Segment Open

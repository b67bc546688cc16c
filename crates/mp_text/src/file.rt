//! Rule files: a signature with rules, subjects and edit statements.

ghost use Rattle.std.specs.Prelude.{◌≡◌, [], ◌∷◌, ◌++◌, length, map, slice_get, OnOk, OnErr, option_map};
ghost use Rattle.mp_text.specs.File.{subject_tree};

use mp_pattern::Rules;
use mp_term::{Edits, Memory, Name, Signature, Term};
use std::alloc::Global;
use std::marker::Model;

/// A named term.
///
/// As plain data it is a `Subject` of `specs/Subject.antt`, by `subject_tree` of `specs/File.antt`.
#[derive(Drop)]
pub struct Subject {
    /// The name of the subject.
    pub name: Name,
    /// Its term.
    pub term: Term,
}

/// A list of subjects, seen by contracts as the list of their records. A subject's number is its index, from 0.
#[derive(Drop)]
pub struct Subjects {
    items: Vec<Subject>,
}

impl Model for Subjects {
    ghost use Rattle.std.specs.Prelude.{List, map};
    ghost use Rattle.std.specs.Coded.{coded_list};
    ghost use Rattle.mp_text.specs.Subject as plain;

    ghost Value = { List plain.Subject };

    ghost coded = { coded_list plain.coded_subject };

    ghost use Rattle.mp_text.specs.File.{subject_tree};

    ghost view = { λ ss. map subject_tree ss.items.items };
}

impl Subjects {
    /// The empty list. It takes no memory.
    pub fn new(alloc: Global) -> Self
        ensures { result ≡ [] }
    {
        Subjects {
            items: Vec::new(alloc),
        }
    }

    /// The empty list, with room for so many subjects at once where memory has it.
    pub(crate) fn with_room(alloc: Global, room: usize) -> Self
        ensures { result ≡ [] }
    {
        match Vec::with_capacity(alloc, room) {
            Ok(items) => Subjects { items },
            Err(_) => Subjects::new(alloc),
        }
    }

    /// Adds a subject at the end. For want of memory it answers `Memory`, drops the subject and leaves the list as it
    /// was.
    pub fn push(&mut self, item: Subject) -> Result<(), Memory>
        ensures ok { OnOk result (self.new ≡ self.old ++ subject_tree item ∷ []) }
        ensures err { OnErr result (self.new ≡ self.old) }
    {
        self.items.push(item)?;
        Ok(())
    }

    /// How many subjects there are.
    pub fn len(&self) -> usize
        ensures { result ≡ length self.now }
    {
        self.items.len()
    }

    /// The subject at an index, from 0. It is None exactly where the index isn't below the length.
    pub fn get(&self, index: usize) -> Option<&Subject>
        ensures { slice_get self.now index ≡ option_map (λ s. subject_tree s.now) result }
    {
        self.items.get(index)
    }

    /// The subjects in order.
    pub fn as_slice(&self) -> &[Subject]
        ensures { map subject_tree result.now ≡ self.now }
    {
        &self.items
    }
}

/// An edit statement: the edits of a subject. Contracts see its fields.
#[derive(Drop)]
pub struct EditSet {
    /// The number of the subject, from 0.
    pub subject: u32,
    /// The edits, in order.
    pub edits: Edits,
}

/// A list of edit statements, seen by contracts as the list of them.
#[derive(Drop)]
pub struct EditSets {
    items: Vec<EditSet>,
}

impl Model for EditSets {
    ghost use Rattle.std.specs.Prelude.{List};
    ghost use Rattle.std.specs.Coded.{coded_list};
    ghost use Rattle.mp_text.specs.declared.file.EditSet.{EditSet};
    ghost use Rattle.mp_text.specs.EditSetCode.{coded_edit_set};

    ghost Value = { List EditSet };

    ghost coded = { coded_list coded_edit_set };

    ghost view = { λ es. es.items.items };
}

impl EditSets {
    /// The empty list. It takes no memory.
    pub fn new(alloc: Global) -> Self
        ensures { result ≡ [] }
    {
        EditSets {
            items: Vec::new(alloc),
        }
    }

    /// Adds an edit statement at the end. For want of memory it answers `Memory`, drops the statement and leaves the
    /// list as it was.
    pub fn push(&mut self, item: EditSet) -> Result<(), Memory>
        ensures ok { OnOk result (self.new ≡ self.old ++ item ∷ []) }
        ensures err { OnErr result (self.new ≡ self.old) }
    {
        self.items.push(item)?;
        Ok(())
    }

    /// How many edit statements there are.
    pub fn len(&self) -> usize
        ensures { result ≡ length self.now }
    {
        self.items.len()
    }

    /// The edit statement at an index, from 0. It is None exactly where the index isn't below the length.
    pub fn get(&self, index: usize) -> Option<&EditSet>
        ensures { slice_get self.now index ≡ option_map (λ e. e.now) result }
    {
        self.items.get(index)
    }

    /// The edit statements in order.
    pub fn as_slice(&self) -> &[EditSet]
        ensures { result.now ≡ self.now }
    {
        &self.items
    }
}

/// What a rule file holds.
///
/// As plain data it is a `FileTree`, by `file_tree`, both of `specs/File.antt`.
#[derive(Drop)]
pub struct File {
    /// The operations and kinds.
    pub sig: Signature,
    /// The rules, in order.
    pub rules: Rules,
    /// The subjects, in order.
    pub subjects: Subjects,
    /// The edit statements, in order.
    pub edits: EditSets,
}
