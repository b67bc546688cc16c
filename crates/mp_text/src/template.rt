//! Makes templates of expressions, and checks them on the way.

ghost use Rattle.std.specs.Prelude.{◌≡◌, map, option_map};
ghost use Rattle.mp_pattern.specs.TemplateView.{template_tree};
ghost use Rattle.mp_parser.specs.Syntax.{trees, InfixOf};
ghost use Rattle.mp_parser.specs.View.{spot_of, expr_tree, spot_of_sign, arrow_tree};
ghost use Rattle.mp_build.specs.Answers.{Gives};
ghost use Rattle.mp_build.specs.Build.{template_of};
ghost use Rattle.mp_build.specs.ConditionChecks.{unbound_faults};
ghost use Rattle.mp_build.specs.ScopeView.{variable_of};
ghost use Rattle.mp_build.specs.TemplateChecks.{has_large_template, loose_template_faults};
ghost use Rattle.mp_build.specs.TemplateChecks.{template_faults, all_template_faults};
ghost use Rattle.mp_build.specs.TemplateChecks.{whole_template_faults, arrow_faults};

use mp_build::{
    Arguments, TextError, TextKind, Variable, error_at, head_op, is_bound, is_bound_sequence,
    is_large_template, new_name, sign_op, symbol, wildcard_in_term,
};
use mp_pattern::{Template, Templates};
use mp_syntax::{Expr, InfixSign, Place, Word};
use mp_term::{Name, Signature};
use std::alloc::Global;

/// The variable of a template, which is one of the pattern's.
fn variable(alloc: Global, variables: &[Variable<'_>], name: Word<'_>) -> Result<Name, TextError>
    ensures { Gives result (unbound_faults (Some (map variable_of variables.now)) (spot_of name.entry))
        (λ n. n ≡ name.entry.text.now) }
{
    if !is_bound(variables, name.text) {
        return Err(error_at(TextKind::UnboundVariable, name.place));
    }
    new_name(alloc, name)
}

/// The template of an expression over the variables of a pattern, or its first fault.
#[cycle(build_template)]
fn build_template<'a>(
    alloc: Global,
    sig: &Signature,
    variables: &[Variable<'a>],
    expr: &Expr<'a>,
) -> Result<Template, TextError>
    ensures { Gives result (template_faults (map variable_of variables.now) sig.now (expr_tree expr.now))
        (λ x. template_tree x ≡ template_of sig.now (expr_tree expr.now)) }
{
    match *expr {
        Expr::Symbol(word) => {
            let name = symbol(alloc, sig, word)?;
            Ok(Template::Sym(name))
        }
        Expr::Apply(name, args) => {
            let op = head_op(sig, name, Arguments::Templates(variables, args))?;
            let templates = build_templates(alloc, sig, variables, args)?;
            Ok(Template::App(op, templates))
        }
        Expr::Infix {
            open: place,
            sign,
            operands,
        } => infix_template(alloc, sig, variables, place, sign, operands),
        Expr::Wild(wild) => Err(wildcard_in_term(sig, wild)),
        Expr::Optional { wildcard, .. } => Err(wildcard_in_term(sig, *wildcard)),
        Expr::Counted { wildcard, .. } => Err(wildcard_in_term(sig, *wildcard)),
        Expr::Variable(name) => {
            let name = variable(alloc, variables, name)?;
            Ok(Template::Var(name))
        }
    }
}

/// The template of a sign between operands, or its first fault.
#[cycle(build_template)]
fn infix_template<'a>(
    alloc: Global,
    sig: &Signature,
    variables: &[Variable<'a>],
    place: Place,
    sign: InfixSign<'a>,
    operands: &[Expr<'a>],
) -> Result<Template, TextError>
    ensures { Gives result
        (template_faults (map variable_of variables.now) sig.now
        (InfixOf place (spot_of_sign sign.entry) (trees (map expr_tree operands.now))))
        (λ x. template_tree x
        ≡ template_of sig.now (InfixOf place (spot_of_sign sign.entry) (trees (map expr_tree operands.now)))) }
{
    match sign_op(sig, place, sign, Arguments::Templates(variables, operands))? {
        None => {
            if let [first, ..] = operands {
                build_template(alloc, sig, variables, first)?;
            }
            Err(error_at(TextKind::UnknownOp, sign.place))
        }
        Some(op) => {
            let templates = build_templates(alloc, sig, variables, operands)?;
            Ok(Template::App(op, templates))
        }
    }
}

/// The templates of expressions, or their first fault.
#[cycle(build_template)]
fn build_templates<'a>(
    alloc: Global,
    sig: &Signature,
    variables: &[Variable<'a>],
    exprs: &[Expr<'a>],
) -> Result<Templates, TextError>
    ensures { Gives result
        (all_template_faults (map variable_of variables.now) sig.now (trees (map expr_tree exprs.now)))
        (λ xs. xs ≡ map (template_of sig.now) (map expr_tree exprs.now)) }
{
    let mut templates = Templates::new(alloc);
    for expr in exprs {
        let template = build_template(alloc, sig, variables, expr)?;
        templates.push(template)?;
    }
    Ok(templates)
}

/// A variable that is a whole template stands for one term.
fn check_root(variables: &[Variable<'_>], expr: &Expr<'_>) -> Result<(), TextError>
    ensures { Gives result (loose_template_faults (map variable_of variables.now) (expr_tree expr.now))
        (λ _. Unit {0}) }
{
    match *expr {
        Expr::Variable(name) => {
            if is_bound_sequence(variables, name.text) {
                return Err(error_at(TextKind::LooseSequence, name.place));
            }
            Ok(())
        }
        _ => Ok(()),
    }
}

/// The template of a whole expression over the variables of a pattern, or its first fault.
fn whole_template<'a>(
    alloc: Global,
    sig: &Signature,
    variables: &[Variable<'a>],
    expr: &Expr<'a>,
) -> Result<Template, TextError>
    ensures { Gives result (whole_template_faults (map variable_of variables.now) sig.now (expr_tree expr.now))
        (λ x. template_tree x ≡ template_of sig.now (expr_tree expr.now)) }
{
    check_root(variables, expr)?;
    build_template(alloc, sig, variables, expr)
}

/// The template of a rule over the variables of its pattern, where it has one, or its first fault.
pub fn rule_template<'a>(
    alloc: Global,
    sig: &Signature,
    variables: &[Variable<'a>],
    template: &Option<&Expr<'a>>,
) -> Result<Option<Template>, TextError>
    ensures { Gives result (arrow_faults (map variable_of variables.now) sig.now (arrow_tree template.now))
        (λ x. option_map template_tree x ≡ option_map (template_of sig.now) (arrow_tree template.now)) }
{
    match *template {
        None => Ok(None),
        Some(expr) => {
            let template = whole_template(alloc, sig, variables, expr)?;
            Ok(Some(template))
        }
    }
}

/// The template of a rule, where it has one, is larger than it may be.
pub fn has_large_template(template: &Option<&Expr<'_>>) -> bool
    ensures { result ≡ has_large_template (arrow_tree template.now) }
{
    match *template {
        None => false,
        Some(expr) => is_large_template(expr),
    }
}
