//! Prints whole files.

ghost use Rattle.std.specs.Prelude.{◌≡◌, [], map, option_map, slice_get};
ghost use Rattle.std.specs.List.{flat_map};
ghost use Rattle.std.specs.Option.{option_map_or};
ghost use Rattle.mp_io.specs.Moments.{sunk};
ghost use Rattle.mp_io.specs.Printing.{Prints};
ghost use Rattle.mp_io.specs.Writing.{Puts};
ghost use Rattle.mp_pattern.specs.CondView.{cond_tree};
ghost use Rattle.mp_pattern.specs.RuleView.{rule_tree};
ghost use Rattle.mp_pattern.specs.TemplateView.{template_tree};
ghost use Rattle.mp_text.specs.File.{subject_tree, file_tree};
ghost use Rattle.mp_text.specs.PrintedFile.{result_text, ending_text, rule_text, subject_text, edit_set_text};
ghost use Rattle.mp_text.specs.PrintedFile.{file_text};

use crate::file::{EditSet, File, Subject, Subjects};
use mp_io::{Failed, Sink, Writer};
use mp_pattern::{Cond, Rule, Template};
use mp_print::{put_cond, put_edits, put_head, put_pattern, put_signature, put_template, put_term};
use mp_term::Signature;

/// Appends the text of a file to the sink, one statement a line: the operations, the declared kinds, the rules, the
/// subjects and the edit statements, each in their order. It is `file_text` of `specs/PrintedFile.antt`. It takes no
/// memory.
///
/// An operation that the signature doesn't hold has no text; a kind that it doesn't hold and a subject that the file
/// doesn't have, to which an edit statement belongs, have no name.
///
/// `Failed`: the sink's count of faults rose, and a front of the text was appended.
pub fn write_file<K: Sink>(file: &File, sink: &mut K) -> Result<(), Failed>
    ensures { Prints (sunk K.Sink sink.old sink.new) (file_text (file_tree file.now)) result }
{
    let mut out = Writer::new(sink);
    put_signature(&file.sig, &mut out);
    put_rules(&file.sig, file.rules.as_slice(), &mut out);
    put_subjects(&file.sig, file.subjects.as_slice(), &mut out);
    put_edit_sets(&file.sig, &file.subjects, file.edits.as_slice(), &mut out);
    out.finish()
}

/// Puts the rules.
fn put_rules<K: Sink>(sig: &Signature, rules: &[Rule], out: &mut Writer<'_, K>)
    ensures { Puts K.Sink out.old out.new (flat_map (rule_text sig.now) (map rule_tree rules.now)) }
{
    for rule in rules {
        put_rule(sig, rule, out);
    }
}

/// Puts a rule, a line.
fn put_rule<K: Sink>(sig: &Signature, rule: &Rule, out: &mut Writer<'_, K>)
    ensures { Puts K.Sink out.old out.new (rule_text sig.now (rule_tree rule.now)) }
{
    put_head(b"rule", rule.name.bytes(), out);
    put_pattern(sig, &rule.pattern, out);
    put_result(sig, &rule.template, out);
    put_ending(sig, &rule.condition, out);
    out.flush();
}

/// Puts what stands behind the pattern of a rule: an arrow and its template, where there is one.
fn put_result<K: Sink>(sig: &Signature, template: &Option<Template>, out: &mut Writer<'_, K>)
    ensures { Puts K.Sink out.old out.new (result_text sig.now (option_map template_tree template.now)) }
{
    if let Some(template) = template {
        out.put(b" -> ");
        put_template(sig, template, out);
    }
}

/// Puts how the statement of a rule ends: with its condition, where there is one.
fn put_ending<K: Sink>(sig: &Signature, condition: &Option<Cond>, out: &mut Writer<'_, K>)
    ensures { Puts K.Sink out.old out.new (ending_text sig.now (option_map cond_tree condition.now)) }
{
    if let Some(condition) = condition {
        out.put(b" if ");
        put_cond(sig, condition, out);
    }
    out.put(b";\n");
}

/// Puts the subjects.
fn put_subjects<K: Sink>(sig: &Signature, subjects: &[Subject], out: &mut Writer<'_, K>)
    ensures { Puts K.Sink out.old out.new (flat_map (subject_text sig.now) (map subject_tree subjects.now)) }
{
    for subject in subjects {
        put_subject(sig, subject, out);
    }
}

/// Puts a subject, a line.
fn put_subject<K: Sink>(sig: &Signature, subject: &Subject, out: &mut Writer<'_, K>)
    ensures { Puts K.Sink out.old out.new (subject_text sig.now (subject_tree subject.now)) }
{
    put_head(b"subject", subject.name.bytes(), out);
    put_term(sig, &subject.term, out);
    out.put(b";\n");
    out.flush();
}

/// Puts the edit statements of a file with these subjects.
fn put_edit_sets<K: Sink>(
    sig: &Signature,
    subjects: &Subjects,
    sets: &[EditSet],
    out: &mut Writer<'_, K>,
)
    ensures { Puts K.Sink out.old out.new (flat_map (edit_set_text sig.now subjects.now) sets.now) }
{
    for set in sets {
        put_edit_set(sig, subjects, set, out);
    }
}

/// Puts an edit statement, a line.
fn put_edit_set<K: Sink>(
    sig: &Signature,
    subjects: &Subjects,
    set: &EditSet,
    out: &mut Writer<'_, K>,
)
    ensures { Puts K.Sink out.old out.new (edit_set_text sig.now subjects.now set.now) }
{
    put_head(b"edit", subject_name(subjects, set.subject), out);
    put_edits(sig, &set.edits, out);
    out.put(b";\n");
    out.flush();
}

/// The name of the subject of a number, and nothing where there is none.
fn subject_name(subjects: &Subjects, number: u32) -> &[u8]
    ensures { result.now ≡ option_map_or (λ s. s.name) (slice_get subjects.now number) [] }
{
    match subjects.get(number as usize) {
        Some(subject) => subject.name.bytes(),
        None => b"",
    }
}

Segment Closed

(HOW TO COMPLETE THIS TASK):
Your task is to write out the lines from the one with "there is none." through the end of the records, exactly and with nothing added.

(EXERCISE SOLUTION):
/// The name of the subject of a number, and nothing where there is none.
fn subject_name(subjects: &Subjects, number: u32) -> &[u8]
    ensures { result.now ≡ option_map_or (λ s. s.name) (slice_get subjects.now number) [] }
{
    match subjects.get(number as usize) {
        Some(subject) => subject.name.bytes(),
        None => b"",
    }
}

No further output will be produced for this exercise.